19 (IB/s1/2017/May/paper1tz2/q3)
[Maximum mark: 6]
The random variable $X$ is normally distributed with a mean of 100 . The following diagram shows the normal curve for $X$.

Let $R$ be the shaded region under the curve, to the right of 107 . The area of $R$ is $0.24$.
 (a) Write down $\mathrm{P}(X>107)$
 (b) Find $\mathrm{P}(100 < X < 107)$. 
 (c) Find $\mathrm{P}(93 < X < 107)$.

20 (IB/s1/2017/May/paper2tz1/q9)
[Maximum mark: 15]
A random variable $X$ is normally distributed with mean, $\mu$. In the following diagram, the shaded region between 9 and $\mu$ represents $30 \%$ of the distribution.
 (a) Find $P(X < 9)$.

The standard deviation of $X$ is $2.1$.
 (b) Find the value of $\mu$.

The random variable $Y$ is normally distributed with mean $\lambda$ and standard deviation $3.5$, The events $X>9$ and $Y>9$ are independent, and $P((X>9) \cap(Y>9))=0.4$.
 (c) Find $\lambda$.
 (d) Given that $Y>9$, find $P(Y < 13)$.

21 (IB/s1/2016/May/paper2tz1/q1)
[Maximum mark: 6]
A random variable $X$ is distributed normally with a mean of 20 and standard deviation of 4 .
 (a) On the following diagram, shade the region representing $\mathrm{P}(X \leq 25$ ).

 (b) Write down $\mathrm{P}(X \leq 25$ ), correct to two decimal places.
 (c) Let $\mathrm{P}(X \leq c)=0.7$, Write down the value of $c$. 

22 (IB/s1/2016/May/paper2tz2/q6)
[Maximum mark: 6]
A competition consists of two independent events, shooting at 100 targets and running for one hour.
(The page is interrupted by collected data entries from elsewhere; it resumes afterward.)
// Every refusal of the library, by its number, and the sentence that says what is wrong.
ghost use Rattle.std.specs.Prelude.{◌≡◌};
ghost use Rattle.fault.specs.Numbers.{number_of, module_of};
ghost use Rattle.fault.specs.Sentences.{sentence_of};

use crate::Module;

// The numbers are part of the C interface: they never change.
#[derive(Clone, Copy, PartialEq, Eq, Debug)]
pub enum Refusal {
    DigestLength = 11,
    KeyLength = 12,
    StreamLength = 13,
    DigestBuffer = 14,
    NodeInput = 15,
    LineForm = 21,
    NumberRange = 22,
    BytesLeft = 23,
    LabelBuffer = 24,
    ImageShape = 31,
    PageStates = 32,
    LockedPages = 33,
    PairParts = 34,
    PageAbsent = 35,
    PageBuffer = 36,
    PageUnreadable = 37,
    PageLocked = 38,
    HashUnfit = 41,
    PageLength = 42,
    NoPages = 43,
    DepthLimit = 44,
    TableLength = 45,
    SealVoid = 46,
    WorkBuffer = 47,
    PageOpen = 48,
    TicketPage = 49,
    RootWhileOpen = 50,
    NodeMarked = 51,
    RootBuffer = 52,
    PageList = 53,
    LayoutExpected = 61,
    LayoutRegistered = 62,
    RegisteredPage = 63,
}

// The number that C and the program's output have for it.
impl From<Refusal> for u32 {
    ghost from_gives = { λ refusal number. number ≡ number_of refusal };

    fn from(refusal: Refusal) -> u32 {
        refusal as u32
    }
}

impl Refusal {
    // The module whose call is the first to give it.
    pub fn origin(self) -> Module
        ensures { result ≡ module_of self }
    {
        match self {
            Refusal::DigestLength
            | Refusal::KeyLength
            | Refusal::StreamLength
            | Refusal::DigestBuffer => Module::Stream,
            Refusal::NodeInput => Module::Hash,
            Refusal::LineForm | Refusal::NumberRange | Refusal::BytesLeft | Refusal::LabelBuffer =>
                Module::Label,
            Refusal::ImageShape
            | Refusal::PageStates
            | Refusal::LockedPages
            | Refusal::PairParts
            | Refusal::PageAbsent
            | Refusal::PageBuffer
            | Refusal::PageUnreadable
            | Refusal::PageLocked => Module::Image,
            Refusal::HashUnfit
            | Refusal::PageLength
            | Refusal::NoPages
            | Refusal::DepthLimit
            | Refusal::TableLength
            | Refusal::SealVoid
            | Refusal::WorkBuffer
            | Refusal::PageOpen
            | Refusal::TicketPage
            | Refusal::RootWhileOpen
            | Refusal::NodeMarked
            | Refusal::RootBuffer
            | Refusal::PageList => Module::Seal,
            Refusal::LayoutExpected | Refusal::LayoutRegistered | Refusal::RegisteredPage => {
                Module::Check
            }
        }
    }

    // What is wrong, for the person at the bench.
    pub fn sentence(self) -> &'static str
        ensures { result.now ≡ sentence_of self }
    {
        match self {
            Refusal::DigestLength =>
                "the digest length is not 1 to 64 bytes (variant b) or 1 to 32 bytes (variant s)",
            Refusal::KeyLength =>
                "the key is longer than 64 bytes (variant b) or 32 bytes (variant s)",
            Refusal::StreamLength => "the stream would take more than 1099511627776 bytes in all",
            Refusal::DigestBuffer =>
                "the output is not as long as the digest; the stream is used up",
            Refusal::NodeInput =>
                "the input of a node is longer than 4096 bytes, or its output is not as long as the digest",
            Refusal::LineForm => "this line of the label is missing or is not of its form",
            Refusal::NumberRange => "the number on this line of the label is outside its range",
            Refusal::BytesLeft =>
                "bytes are left after the last line; this is the line on which they begin",
            Refusal::LabelBuffer => "the buffer is shorter than the text of the label",
            Refusal::ImageShape =>
                "the page length is not 64 to 4096 bytes, or the image has not 1 to 4096 pages",
            Refusal::PageStates =>
                "the dump has not one state byte for each page, or a state byte is above 2",
            Refusal::LockedPages => "more pages are locked than the image has",
            Refusal::PairParts =>
                "the two parts cannot be joined: one has no pages, their page lengths differ, the first does not end at a page boundary, or there are more than 4096 pages",
            Refusal::PageAbsent => "the image has no such page",
            Refusal::PageBuffer => "the buffer is not as long as this page",
            Refusal::PageUnreadable => "this page cannot be read",
            Refusal::PageLocked => "this page is locked",
            Refusal::HashUnfit =>
                "the node hash does not fit its label: another variant, or another key length",
            Refusal::PageLength =>
                "the page length of the image is not the one that the label names",
            Refusal::NoPages => "the image has no pages",
            Refusal::DepthLimit =>
                "the tree over these pages has more layers than the depth of the label",
            Refusal::TableLength => "the node table is shorter than the records of the tree",
            Refusal::SealVoid => "the seal is void: its making was refused",
            Refusal::WorkBuffer => "the work buffer is not 4096 bytes long",
            Refusal::PageOpen => "a page is open already; put or withdraw it first",
            Refusal::TicketPage => "the page of this ticket is not the open page",
            Refusal::RootWhileOpen => "a page is open; put or withdraw it before the root is read",
            Refusal::NodeMarked =>
                "a node is marked; step until none is left before the root is read",
            Refusal::RootBuffer => "the output is not as long as the digest",
            Refusal::PageList =>
                "the list of pages does not rise strictly, or names a page that the image has not",
            Refusal::LayoutExpected => "the layout name is not the expected one",
            Refusal::LayoutRegistered => "the layout name is not in the register",
            Refusal::RegisteredPage =>
                "the page length is not the one that the register has for this layout",
        }
    }
}
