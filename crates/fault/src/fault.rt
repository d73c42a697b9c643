// A fault: which refusal, of which module, at which place.
ghost use Rattle.std.specs.Prelude.{◌≡◌, Some};
ghost use Rattle.fault.specs.Faults.{fault, place_of, fault_text};

use crate::{Module, Refusal};
use std::error::Error;
use std::fmt;

// The place is a line of a text, a page of an image, or 0 where it is about neither: the printed fault has a number in any case, which an `Option` would have to be turned into again.
#[derive(Clone, Copy, PartialEq, Eq, Debug)]
pub struct Fault {
    pub number: Refusal,
    pub module: Module,
    pub place: usize,
}

impl Fault {
    // The fault that a refusal gives; `at` is the line or the page that it is about, where it is about one.
    pub fn new(number: Refusal, at: usize) -> Fault
        ensures { result ≡ fault number at }
    {
        Fault {
            number,
            module: number.origin(),
            place: place(number, at),
        }
    }
}

// The layout stands on line 9 of a label and the page length on line 7; for other refusals the caller knows the line or the page.
fn place(number: Refusal, at: usize) -> usize
    ensures { result ≡ place_of number at }
{
    match number {
        Refusal::LineForm
        | Refusal::NumberRange
        | Refusal::BytesLeft
        | Refusal::PageAbsent
        | Refusal::PageBuffer
        | Refusal::PageUnreadable
        | Refusal::PageLocked => at,
        Refusal::LayoutExpected | Refusal::LayoutRegistered => 9,
        Refusal::RegisteredPage => 7,
        _ => 0,
    }
}

// One line to act on: number, module, place, and what is wrong.
impl fmt::Display for Fault {
    ghost output = { λ f. Some (fault_text f) };

    fn fmt<W: fmt::Write>(&self, f: &mut fmt::Formatter<W>) -> fmt::Result {
        let number = u32::from(self.number);
        let module = self.module;
        let place = self.place;
        let sentence = self.number.sentence();
        write!(f, "{number} {module} {place}: {sentence}")
    }
}

impl Error for Fault {}
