// The parts of the library that refusals belong to.
ghost use Rattle.fault.specs.Numbers.{name_of};
ghost use Rattle.std.specs.Prelude.{Some};

use std::fmt;

#[derive(Clone, Copy, PartialEq, Eq, Debug)]
pub enum Module {
    Stream,
    Hash,
    Label,
    Image,
    Seal,
    Check,
}

impl fmt::Display for Module {
    ghost output = { λ part. Some (name_of part) };

    fn fmt<W: fmt::Write>(&self, f: &mut fmt::Formatter<W>) -> fmt::Result {
        let name = match *self {
            Module::Stream => "stream",
            Module::Hash => "hash",
            Module::Label => "label",
            Module::Image => "image",
            Module::Seal => "seal",
            Module::Check => "check",
        };
        write!(f, "{name}")
    }
}
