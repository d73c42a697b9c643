// Why a call was refused: one record for the whole library, and one table of what can be in it.
#![tactic(auto)]

pub mod fault;
pub mod module;
pub mod refusal;

pub use fault::Fault;
pub use module::Module;
pub use refusal::Refusal;
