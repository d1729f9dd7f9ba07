// What a turn keeps: a value that shows a list and a fixed part.
ghost use Rattle.std.specs.Prelude.{ℕ, ◌≡◌, ◌^◌, ◌<◌, List, length};
ghost use Rattle.std.specs.Arc.{arc_value};

use std::sync::Arc;

/// A value that shows a list of entries and a fixed part.
pub trait Held {
    /// An entry of the list.
    type Item;

    /// Plain data that stays as it is while the list grows.
    type Fixed;

    ghost entries: { Self → List Self.Item };

    ghost fixed: { Self → Self.Fixed };

    // Some fixed part, for what is left of a pass that was joined into another.
    ghost spare: { Self.Fixed };

    /// How many entries the list has.
    fn count(&self) -> u64
        requires { length (entries self.now) < 2 ^ 64 }
        ensures { result ≡ length (entries self.now) };
}

impl<T: Held> Held for Arc<T> {
    type Item = T::Item;

    type Fixed = T::Fixed;

    ghost entries = { λ shared. T.entries (arc_value shared) };

    ghost fixed = { λ shared. T.fixed (arc_value shared) };

    ghost spare = { T.spare };

    fn count(&self) -> u64 {
        let value: &T = self;
        value.count()
    }
}
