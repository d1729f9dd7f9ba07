// A turn and its passes.
ghost use Rattle.std.specs.Prelude.{◌≡◌, ◌<◌, ◌≤◌, ◌^◌, true, false, IfOk, length};
ghost use Rattle.gr_turn.specs.Known.{all_shares, first_pass, parted, newcomer, holding, resting, grown, joined, StartsWith, IsOneLonger, AreBelow, AreApart, HasEach, HasEachOnce};

use crate::held::Held;
use crate::plays::{Compare, Merge, Part};
use crate::rule::{LENGTH, Place, SLOT, TurnTable};
use crate::steps::{empty, enter, leave, raise, wait_for};
use atomic_table::Table;
use gr_base::NoMemory;
use std::alloc::Global;
use std::marker::Model;
use std::snapshot::Snapshot;
use std::sync::Wait;

/// One value that many threads take and give back, one at a time, in the order in which they asked for it.
/// Contracts see a turn as its identity.
#[derive(Drop)]
pub struct Turn<T: Held> {
    table: TurnTable<T>,
}

impl<T: Held> Model for Turn<T> {
    ghost use Rattle.gr_turn.specs.Known.{Identity};
    ghost use Rattle.gr_turn.specs.Inside.Seats.{IsTable};

    ghost Value = { Identity T.Fixed };

    ghost view = { λ turn. record { table = turn.table.shared.table_id; fixed = T.fixed turn.table.shared.key.value } };

    ghost invariant = { λ turn. IsTable turn.table.shared.table_id };
}

/// A thread's part in a turn: what it has seen of the list, and which entries it gave. It has no bytes.
/// A pass that is dropped takes its shares with it, so that its turn can then only be dropped too.
#[derive(Drop)]
pub struct Pass<T: Held> {
    seat: Place<T>,
}

impl<T: Held> Model for Pass<T> {
    ghost use Rattle.gr_turn.specs.Known.{Known};
    ghost use Rattle.gr_turn.specs.Inside.Passes.{IsPass, known_of};

    ghost Value = { Known T.Item T.Fixed };

    ghost view = { λ pass. known_of pass.seat.table_id pass.seat.me };

    ghost invariant = { λ pass. IsPass pass.seat.me };
}

impl<T: Held + Drop> Turn<T> {
    /// A turn with this value, and its first pass.
    pub fn new(alloc: Global, value: T) -> Result<(Turn<T>, Pass<T>), NoMemory>
        requires { length (T.entries value) < 2 ^ 64 }
        ensures turn { IfOk result (λ made. made.0.fixed ≡ T.fixed value) }
        ensures pass { IfOk result (λ made. made.1 ≡ first_pass made.0 (T.entries value)) }
    {
        let key = Snapshot::of(&value);
        let words = [value.count(), 0, 0];
        let mut slots = Vec::with_capacity(alloc, 1)?;
        slots.push_reserved(Some(value));
        match Table::new(alloc, &words, slots, &key) {
            Ok((table, seat)) => Ok((Turn { table }, Pass { seat })),
            Err(_) => Err(NoMemory),
        }
    }
}

impl<T: Held> Turn<T> {
    /// A second pass, for another thread; takes no memory.
    pub fn split(&self, pass: &mut Pass<T>) -> Pass<T>
        requires turn { pass.old.turn ≡ self.now }
        requires free { pass.old.holds ≡ false }
        requires two { 2 ≤ pass.old.shares }
        ensures old { pass.new ≡ parted pass.old }
        ensures new { result ≡ newcomer pass.old }
    {
        let seat = self.table.shared.split_seat::<Part>(&mut pass.seat);
        Pass { seat }
    }

    /// Takes the value, once each pass that asked before has given it back; does not return before.
    pub fn take<R: Wait>(&self, rt: &R, pass: &mut Pass<T>) -> T
        requires turn { pass.old.turn ≡ self.now }
        requires free { pass.old.holds ≡ false }
        ensures pass { pass.new ≡ holding (T.entries result) pass.old }
        ensures seen { StartsWith (T.entries result) pass.old.seen }
        ensures fixed { T.fixed result ≡ self.now.fixed }
        ensures short { length (T.entries result) < 2 ^ 64 }
        ensures own { AreBelow pass.old.own (length pass.old.seen) }
    {
        let top = &self.table.shared;
        let number = enter(rt, top, &mut pass.seat);
        wait_for(rt, top, &mut pass.seat, number);
        empty(top, &mut pass.seat)
    }

    /// Gives back a value with the list as it was taken, and calls the next thread.
    pub fn give(&self, pass: &mut Pass<T>, value: T)
        requires turn { pass.old.turn ≡ self.now }
        requires holds { pass.old.holds ≡ true }
        requires same { T.entries value ≡ pass.old.seen }
        requires fixed { T.fixed value ≡ self.now.fixed }
        ensures { pass.new ≡ resting pass.old }
    {
        leave(&self.table.shared, &mut pass.seat, value);
    }

    /// Gives back a value with one entry more, whose place is then the pass's own, and calls the next thread.
    /// From the first step of this call on, the list has the entry.
    pub fn give_grown(&self, pass: &mut Pass<T>, value: T)
        requires turn { pass.old.turn ≡ self.now }
        requires holds { pass.old.holds ≡ true }
        requires one { IsOneLonger (T.entries value) pass.old.seen }
        requires short { length (T.entries value) < 2 ^ 64 }
        requires fixed { T.fixed value ≡ self.now.fixed }
        ensures { pass.new ≡ grown (T.entries value) pass.old }
    {
        let top = &self.table.shared;
        let value = raise(top, &mut pass.seat, value);
        leave(top, &mut pass.seat, value);
    }

    /// Puts one pass into another, with what it has seen, its own places and its shares.
    pub fn join(&self, into: &mut Pass<T>, other: Pass<T>)
        requires turn { (into.old.turn ≡ self.now) × (other.turn ≡ self.now) }
        requires free { (into.old.holds ≡ false) × (other.holds ≡ false) }
        ensures pass { into.new ≡ joined into.old other }
        ensures seen { StartsWith into.new.seen into.old.seen × StartsWith into.new.seen other.seen }
        ensures apart { AreApart into.old.own other.own }
    {
        let Pass { seat } = other;
        let top = &self.table.shared;
        top.join_seat::<Merge<T>>(&mut into.seat, seat);
        top.load::<Compare>(&mut into.seat, LENGTH);
    }

    /// Ends a turn that nobody else has a pass of, and gives its value.
    pub fn close(self, pass: Pass<T>) -> T
        requires turn { pass.turn ≡ self }
        requires free { pass.holds ≡ false }
        requires all { pass.shares ≡ all_shares }
        ensures list { T.entries result ≡ pass.seen }
        ensures fixed { T.fixed result ≡ self.fixed }
        ensures each { HasEach pass.own (length pass.seen) }
        ensures once { HasEachOnce pass.own (length pass.seen) }
    {
        let Turn { table } = self;
        let Pass { seat } = pass;
        let mut closed = table.close_with(seat);
        let slot = closed.take(SLOT);
        closed.free();
        match slot {
            Some(value) => value,
            None => unreachable!(),
        }
    }
}
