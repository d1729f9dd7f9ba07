// The table of a turn. Word 0 is the length of the list, word 1 the next ticket, word 2 the ticket that is served; the slot has the value.
use crate::held::Held;
use crate::view::View;
use atomic_table::{Seat, Shared, Table, TableRule};
use std::alloc::Global;
use std::marker::PhantomData;
use std::snapshot::Snapshot;

pub(crate) const LENGTH: usize = 0;

pub(crate) const TICKET: usize = 1;

pub(crate) const SERVED: usize = 2;

pub(crate) const SLOT: usize = 0;

// What is so between any two steps.
pub(crate) struct Rule<T> {
    marker: PhantomData<T>,
}

impl<T: Held> TableRule<Option<T>, View<T::Item, T::Fixed>, Snapshot<T>> for Rule<T> {
    ghost use Rattle.gr_turn.specs.Inside.Rule.{Kept};
    ghost use Rattle.gr_turn.specs.Inside.Views.{beginning};

    ghost holds = { λ key state. Kept T.entries T.fixed (T.fixed key.value) state.words state.homes state.views };

    ghost first = { λ key. beginning (T.entries key.value) (T.fixed key.value) };
}

pub(crate) type TurnTable<T> = Table<
    Option<T>,
    View<<T as Held>::Item, <T as Held>::Fixed>,
    Snapshot<T>,
    Rule<T>,
    Global,
>;

pub(crate) type Top<T> = Shared<
    Option<T>,
    View<<T as Held>::Item, <T as Held>::Fixed>,
    Snapshot<T>,
    Rule<T>,
>;

pub(crate) type Place<T> = Seat<Option<T>, View<<T as Held>::Item, <T as Held>::Fixed>>;
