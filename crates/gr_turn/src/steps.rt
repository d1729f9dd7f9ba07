// The steps of a seat at the table: it draws a number, waits until that is served, and calls the next one.
ghost use Rattle.std.specs.Prelude.{◌≡◌, ◌≢◌, ◌<◌, ◌%◌, ◌^◌, [], ◌∷◌, ◌++◌, None, Some, MatchOption, length};
ghost use Rattle.gr_turn.specs.declared.view.Stage.TheVariants.{Idle, Waits, Serves};
ghost use Rattle.gr_turn.specs.Known.{IsOneLonger, StartsWith};
ghost use Rattle.gr_turn.specs.Inside.Views.{waiting, serving, raised, idle};
ghost use Rattle.gr_turn.specs.Inside.Seats.{IsTable, IsAt, IsSameSeat};
ghost use Rattle.gr_turn.specs.Inside.Plays.{IsServed};

use crate::held::Held;
use crate::plays::{Call, Draw, Look, Raise};
use crate::rule::{LENGTH, Place, SERVED, SLOT, TICKET, Top};
use std::sync::Wait;

// The low half of a word, which is what parking compares.
fn low_half(word: u64) -> u32
    ensures { result ≡ word % 2 ^ 32 }
{
    (word % (1 << 32)) as u32
}

// Draws the next number, unless another thread was there first. The last number is never drawn: who finds it waits without end.
fn draw<T: Held, R: Wait>(rt: &R, top: &Top<T>, seat: &mut Place<T>) -> Option<u64>
    requires table { IsTable top.now.table_id × IsAt top.now.table_id seat.old }
    requires ready { (seat.old.me.0.stage ≡ Idle) × (0 < seat.old.me.0.shares) }
    ensures same { IsSameSeat seat.old seat.new }
    ensures drawn { MatchOption result (seat.new.me ≡ seat.old.me) (λ number. seat.new.me ≡ (waiting number seat.old.me.0, seat.old.me.1)) }
{
    let next = top.peek(TICKET);
    if next == u64::MAX {
        top.park(rt, TICKET, low_half(next));
        return None;
    }
    if top.compare_exchange::<Draw>(seat, TICKET, next, next + 1) == next {
        Some(next)
    } else {
        None
    }
}

// Draws a number.
pub(crate) fn enter<T: Held, R: Wait>(rt: &R, top: &Top<T>, seat: &mut Place<T>) -> u64
    requires table { IsTable top.now.table_id × IsAt top.now.table_id seat.old }
    requires ready { (seat.old.me.0.stage ≡ Idle) × (0 < seat.old.me.0.shares) }
    ensures same { IsSameSeat seat.old seat.new }
    ensures drawn { seat.new.me ≡ (waiting result seat.old.me.0, seat.old.me.1) }
{
    for _ in rt.forever() {
        if let Some(number) = draw(rt, top, seat) {
            return number;
        }
    }
    unreachable!()
}

// Waits until the seat's number is served. The slot is then out with the seat.
pub(crate) fn wait_for<T: Held, R: Wait>(rt: &R, top: &Top<T>, seat: &mut Place<T>, number: u64)
    requires table { IsTable top.now.table_id × IsAt top.now.table_id seat.old }
    requires waits { seat.old.me.0.stage ≡ Waits number }
    ensures same { IsSameSeat seat.old seat.new }
    ensures served { IsServed T.entries T.fixed number seat.old.me seat.new.me }
{
    for _ in rt.forever() {
        let served = top.load::<Look>(seat, SERVED);
        if served == number {
            return;
        }
        top.park(rt, SERVED, low_half(served));
    }
    unreachable!()
}

// Takes the value out of the slot.
pub(crate) fn empty<T: Held>(top: &Top<T>, seat: &mut Place<T>) -> T
    requires table { IsTable top.now.table_id × IsAt top.now.table_id seat.old }
    requires full { (value : T) × (seat.old.me.1 ≡ (0, Some value) ∷ []) }
    ensures same { IsSameSeat seat.old seat.new }
    ensures value { seat.old.me.1 ≡ (0, Some result) ∷ [] }
    ensures after { seat.new.me ≡ (seat.old.me.0, (0, None) ∷ []) }
{
    match top.exchange(seat, SLOT, None) {
        Some(value) => value,
        None => unreachable!(),
    }
}

// Raises the length of the list by the last entry of the value.
pub(crate) fn raise<T: Held>(top: &Top<T>, seat: &mut Place<T>, value: T) -> T
    requires table { IsTable top.now.table_id × IsAt top.now.table_id seat.old }
    requires serves { (number : _) × (seat.old.me.0.stage ≡ Serves number) }
    requires grown { IsOneLonger (T.entries value) seat.old.me.0.seen }
    requires short { length (T.entries value) < 2 ^ 64 }
    ensures same { IsSameSeat seat.old seat.new }
    ensures value { result ≡ value }
    ensures after { seat.new.me ≡ (raised (T.entries value) seat.old.me.0, seat.old.me.1) }
{
    let length = value.count();
    let full = Some(value);
    top.compare_exchange_with::<Raise>(seat, LENGTH, length - 1, length, &full);
    match full {
        Some(value) => value,
        None => unreachable!(),
    }
}

// Puts the value into the slot, and calls the next number.
pub(crate) fn leave<T: Held>(top: &Top<T>, seat: &mut Place<T>, value: T)
    requires table { IsTable top.now.table_id × IsAt top.now.table_id seat.old }
    requires serves { (number : _) × (seat.old.me.0.stage ≡ Serves number) }
    requires shows { T.entries value ≡ seat.old.me.0.seen }
    requires keeps { (T.fixed value ≡ seat.old.me.0.fixed) × (0 < seat.old.me.0.shares) }
    requires emptied { seat.old.me.1 ≡ (0, None) ∷ [] }
    ensures same { IsSameSeat seat.old seat.new }
    ensures after { seat.new.me ≡ (idle seat.old.me.0, []) }
{
    match top.exchange(seat, SLOT, Some(value)) {
        None => {}
        Some(_) => unreachable!(),
    }
    let served = top.fetch_add::<Call>(seat, SERVED, 1);
    if top.peek(TICKET) != served.wrapping_add(1) {
        top.wake_all(SERVED);
    }
}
The number of targets a contestant hits is the $S$ score. The $S$ scores are normally distributed with mean 65 and standard deviation 10 .
 (a) A contestant is chosen at random. Find the probability that their $S$ score is less than 50 .

The distance in $\mathrm{km}$ that a contestant runs in one hour is the $R$ score. The $R$ scores are normally distributed with mean 12 and standard deviation $2.5$. The $R$ score is independent of the $S$ score.
Contestants are disqualified if their $S$ score is less than 50 and their $R$ score is less than $x \mathrm{~km}$.
 (b) Given that $1 \%$ of the contestants are disqualified, find the value of $x$. $$

23 (IB/sl/2019/May/paper1tz1/q1)
[Maximum mark: 6]
The following Venn diagram shows the events $A$ and $B$, where $\mathrm{P}(A)=0.3$. The values shown are probabilities.
 (a) Find the value of $p$. 
 (b) Find the value of $q$. 
 (c) Find $\mathrm{P}\left(A^{\prime} \cup B\right)$. 

24 (IB/s1/2018/May/paper2tz1/q5)
[Maximum mark: 6]
Two events $A$ and $B$ are such that $\mathrm{P}(A)=0.62$ and $\mathrm{P}(A \cap B)=0.18$.
 (a) Find $\mathrm{P}\left(A \cap B^{\prime}\right)$.
 (b) Given that $\mathrm{P}\left((A \cup B)^{\prime}\right)=0.19$, find $\mathrm{P}\left(A \mid B^{\prime}\right)$.

25 (IB/s1/2016/November/Paper1/q5)
[Maximum mark: 6]
Events $A$ and $B$ are independent with $\mathrm{P}(A \cap B)=0.2$ and $\mathrm{P}\left(A^{\prime} \cap B\right)=0.6$.
 (a) Find $\mathrm{P}(B)$.
 (b) Find $\mathrm{P}(A \cup B)$.$$

26 (IB/sl/2018/May/paper1tz2/q8)
[Maximum mark: 14]
Pablo drives to work. The probability that he leaves home before $07: 00$ is $\frac{3}{4}$. If he leaves home before $07: 00$ the probability he will be late for work is $\frac{1}{8}$. If he leaves home at $07: 00$ or later the probability he will be late for work is $\frac{5}{8}$.
 (a) Copy and complete the following tree diagram.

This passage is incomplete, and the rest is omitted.